The loglkl() method recovers the values of the fit parameters for the current point in the MCMC parameter space (rescaled by a value that the user may have specified in the parameter file, see below). Then it computes the angular diameter distances (to the deflector, to the source, and between the deflector and the source) needed for the time delay distance, rescaled to 1 Mpc. All these relations are given in equations (1) and (2) of Suyu et al. (2013), and equation (26) is used to return the logarithm of the likelihood. If a particular point in parameter space leads to an imaginary logarithm, we reject that point assigning a value at the likelihood boundaries. (Note that the data object used to retrieve the latter information and the value of the varying parameters is an object internal to Monte Python, it does not contain the observed data points.)
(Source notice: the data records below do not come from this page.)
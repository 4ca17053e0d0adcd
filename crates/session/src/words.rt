//! The arguments of the simulator.

ghost use Rattle.std.specs.Prelude.{◌≡◌, Bool, true, false, Some, IfOk, IfErr, map, codes, option_and_then, option_map};
ghost use Rattle.std.specs.String.{string_bytes};
ghost use Rattle.acl.specs.declared.leaders.Edition.{Edition as Groups};
ghost use Rattle.acl.specs.declared.user_id.UserId.{UserId as Owner};
ghost use Rattle.acl.specs.Names.{named_by};
ghost use Rattle.clap.specs.Words.{found_of, kind_of, rows_of, matches_of, takes, first_of, one_text, rule_of};
ghost use Rattle.session.specs.Words.{muxsim, edition, setup, show, trail, owner, edition_text, Asks, IsBeginning};

use crate::setup_file::Beginning;
use acl::{Edition, UserId};
use clap::error::ErrorKind;
use clap::{Arg, ArgAction, ArgMatches, Command, Error};
use program_words::SetupLine;
use std::alloc::{AllocError, Global};

/// `--edition`: the edition of groups.
fn edition_word(alloc: Global) -> Arg<'static>
    ensures rule { rule_of result ≡ edition }
    ensures local { result.global ≡ false }
{
    Arg::new(alloc, "edition")
        .long("edition")
        .value_name("N")
        .value_parser(clap::value_parser!(u8).range(1..=2))
        .default_value("2")
        .help("1: a user is in one group at most; 2: in up to eight")
}

/// `--setup`: the file of a setup.
fn setup_word(alloc: Global) -> Arg<'static>
    ensures rule { rule_of result ≡ setup }
    ensures local { result.global ≡ false }
{
    Arg::new(alloc, "setup")
        .long("setup")
        .value_name("FILE")
        .help("A file of the owner's first commands, one a line")
}

/// `--show`: views at the end.
fn show_word(alloc: Global) -> Arg<'static>
    ensures rule { rule_of result ≡ show }
    ensures local { result.global ≡ false }
{
    Arg::new(alloc, "show")
        .long("show")
        .action(ArgAction::SetTrue)
        .help("Prints what each client is to see after the last event")
}

/// `--trail`: the file of the trail.
fn trail_word(alloc: Global) -> Arg<'static>
    ensures rule { rule_of result ≡ trail }
    ensures local { result.global ≡ false }
{
    Arg::new(alloc, "trail")
        .long("trail")
        .value_name("FILE")
        .help("A new file for the session's trail, which mux-trail reads")
}

/// The owner's name.
fn owner_word(alloc: Global) -> Arg<'static>
    ensures rule { rule_of result ≡ owner }
    ensures local { result.global ≡ false }
{
    Arg::new(alloc, "owner")
        .value_name("OWNER")
        .required(true)
        .help("The name of the session's owner")
}

/// Reads `muxsim [--edition N] [--setup FILE] [--show] [--trail FILE] OWNER`, with the program's name
/// first.
pub fn read_words<'a>(alloc: Global, words: &'a [String]) -> Result<ArgMatches<'a>, Error>
    ensures ok { IfOk result
        (λ m. rows_of (found_of m) ≡ matches_of muxsim (map string_bytes words.entry.now)) }
    ensures err { IfErr result (λ e. takes muxsim (map string_bytes words.entry.now) ≡ true
        → kind_of e ≡ ErrorKind.OutOfMemory) }
{
    Command::new(alloc, "muxsim")
        .about("Plays a script of events over a session")
        .arg(edition_word(alloc))?
        .arg(setup_word(alloc))?
        .arg(show_word(alloc))?
        .arg(trail_word(alloc))?
        .arg(owner_word(alloc))?
        .try_get_matches_from(words)
}

/// The edition that the arguments name.
pub fn edition_of(matches: &ArgMatches) -> Edition
    ensures { (groups : Groups) → one_text (found_of matches.now) (codes "edition")
        ≡ Some (edition_text groups) → result ≡ groups }
{
    match matches.get_one::<u8>("edition") {
        Some(1) => Edition::First,
        _ => Edition::Second,
    }
}

/// The owner that the arguments name.
pub fn owner_of(matches: &ArgMatches) -> Option<UserId>
    ensures { result
        ≡ option_and_then named_by (first_of (codes "owner") (rows_of (found_of matches.now))) }
{
    match matches.get_str("owner") {
        Some(owner) => UserId::of(owner.as_bytes()),
        None => None,
    }
}

/// How the session of these arguments begins with this setup. None if the arguments are invalid, or if
/// the owner isn't a valid name.
pub fn beginning_of<'a>(
    alloc: Global,
    words: &[String],
    setup: &'a [SetupLine<'a>],
) -> Result<Option<Beginning<'a>>, AllocError>
    ensures { (groups : Groups) (name : Owner) (shows : Bool)
        → Asks (map string_bytes words.now) groups name shows
        → IfOk result (IsBeginning groups name setup.now) }
{
    let matches = match read_words(alloc, words) {
        Ok(matches) => matches,
        Err(error) if error.kind() == ErrorKind::OutOfMemory => return Err(AllocError),
        Err(_) => return Ok(None),
    };
    match owner_of(&matches) {
        Some(owner) => Ok(Some(Beginning {
            edition: edition_of(&matches),
            owner,
            setup,
        })),
        None => Ok(None),
    }
}

/// The file that the arguments name after `--setup` or `--trail`, whichever `name` says. None if the
/// arguments are invalid.
pub fn path_of<'a>(
    alloc: Global,
    words: &'a [String],
    name: &str,
) -> Result<Option<&'a str>, AllocError>
    ensures { takes muxsim (map string_bytes words.now) ≡ true
        → IfOk result (λ path. option_map (λ p. p.now) path
        ≡ first_of name.now (matches_of muxsim (map string_bytes words.now))) }
{
    match read_words(alloc, words) {
        Ok(matches) => Ok(matches.get_str(name)),
        Err(error) if error.kind() == ErrorKind::OutOfMemory => Err(AllocError),
        Err(_) => Ok(None),
    }
}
Once the likelihood is created, install the updated code:
$ python setup.py build $ python setup.py install --user
This creates a command montepython available from the shell. Let's switch to a new directory to run and analyze the chains:
$ mkdir ~/pytimedelay_chains && cd ~/pytimedelay_chains
To run the chains, two files specifying the MCMC configuration are needed. Since CLASS is not required for the new likelihood, the first one is simply an empty file named default.conf:
$ touch default.conf
Then the newly create likelihood name, the cosmological parameters varied in the chains, and the number of accepted steps before writing the chain are specified into a file called pytimedelay.param:
#------Experiments to test (separated with commas)----- data.experiments=['pytimedelay'] #------ Parameter list ------- # data.parameters[class name] = [mean, min, max, 1-sigma, scale, role] data.parameters['H0'] = [70., 0., None, 3., 1, 'nuisance'] data.parameters['Omega_m'] = [0.3, 0., 1., 0.1, 1, 'nuisance'] #------ Mcmc parameters ---- data.write_step=5
When declaring the parameters we also have specified initial guesses for the mean, limiting values (i.e., flat priors), standard deviation, re-scale factor and a role. When using CLASS, the latter can take the values 'cosmo', 'derived' (in both cases the parameter is read by CLASS) or 'nuisance' (if the parameter is only varied in the likelihood code and not in CLASS). However, when not relying on CLASS all parameters must be declared as nuisance ones (even though strictly speaking they describe the cosmological model) as a technical implementation detail. (This may change in the future. So far the dependence on CLASS is bypassed in a trivial way through a simple dummy class replacing the classy Python wrapper to CLASS.)
Finally, run the chains and analyze the result:
$ montepython run -p pytimedelay.param -o ./output -N 10000 $ montepython info ./output
This creates several files containing the chains, information about mariginalized minimum credible intervals and plots. The 68% interval should be about (71.5 +/- 2.6) km/s/Mpc for the Hubble constant, while the matter density parameter won't be constrained by the data (that's expected).
The combination of Numpy and Astropy allows to write the likelihood expression in a compact vectorial form without introducing, e.g., for loops. Apart from the more readable code, the main advantage is that, thanks to Numpy optimizations, the execution time is still competitive despite relying on Python modules only (and it will scale nicely increasing the number of data points). In this simple example, requiring only the computation of angular diameter distances, the Astropy implementation is actually much faster than calling CLASS for every point in parameter space (a chain of 10000 points required 23s on an Intel Core i7-2620M CPU @ 2.70GHz, compared to 15m of the original CLASS code-based implementation; acceptance rate, which may slightly influence execution time, was about 0.3 for both cases). Of course, if involved computations such as power spectra or non-standard cosmologies are required, CLASS is the most efficient interface.